## The problem
For this exercise, write out exactly the lines of the material from the one containing "there are fewer." through the end, both ends included, and nothing more.
Records for this exercise: Begin
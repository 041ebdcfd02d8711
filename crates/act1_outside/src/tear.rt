ghost use Rattle.std.specs.Prelude.{◌≡◌, nat_eq, if◌then◌else◌, Some, take};
ghost use Rattle.act1_outside.specs.Tears.{left_by};

/// A call that is to fail, and how many bytes of its content it leaves, if it is a write.
#[derive(Clone, Copy, Debug, PartialEq, Eq)]
pub struct Tear {
    /// The number of the call.
    pub call: u64,
    /// How many bytes it leaves.
    pub left: u64,
}

// How many bytes are left, after a tear.
fn left_after(so_far: Option<u64>, tear: Tear, call: u64) -> Option<u64>
    ensures { result ≡ (if nat_eq tear.call call then Some tear.left else so_far) }
{
    if tear.call == call {
        Some(tear.left)
    } else {
        so_far
    }
}

/// How many bytes a call leaves, by its last tear, or `None` where it has none.
#[tactic(auto, using(crate::proofs::TearLoops::left_more, crate::proofs::TearLoops::left_end))]
pub fn left_by(tears: &[Tear], call: u64) -> Option<u64>
    ensures { result ≡ left_by tears.now call }
{
    let mut left = None;
    for at in 0..tears.len() {
        left = left_after(left, tears[at], call);
    }
    left
}

/// The first bytes, so many or all if there are fewer.
pub fn front(bytes: &[u8], left: u64) -> &[u8]
    ensures { result.now ≡ take left bytes.now }
{
    if left < bytes.len() as u64 {
        &bytes[..left as usize]
    } else {
        bytes
    }
}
Records for this exercise: End
## Solution to the problem
/// The first bytes, so many or all if there are fewer.
pub fn front(bytes: &[u8], left: u64) -> &[u8]
    ensures { result.now ≡ take left bytes.now }
{
    if left < bytes.len() as u64 {
        &bytes[..left as usize]
    } else {
        bytes
    }
}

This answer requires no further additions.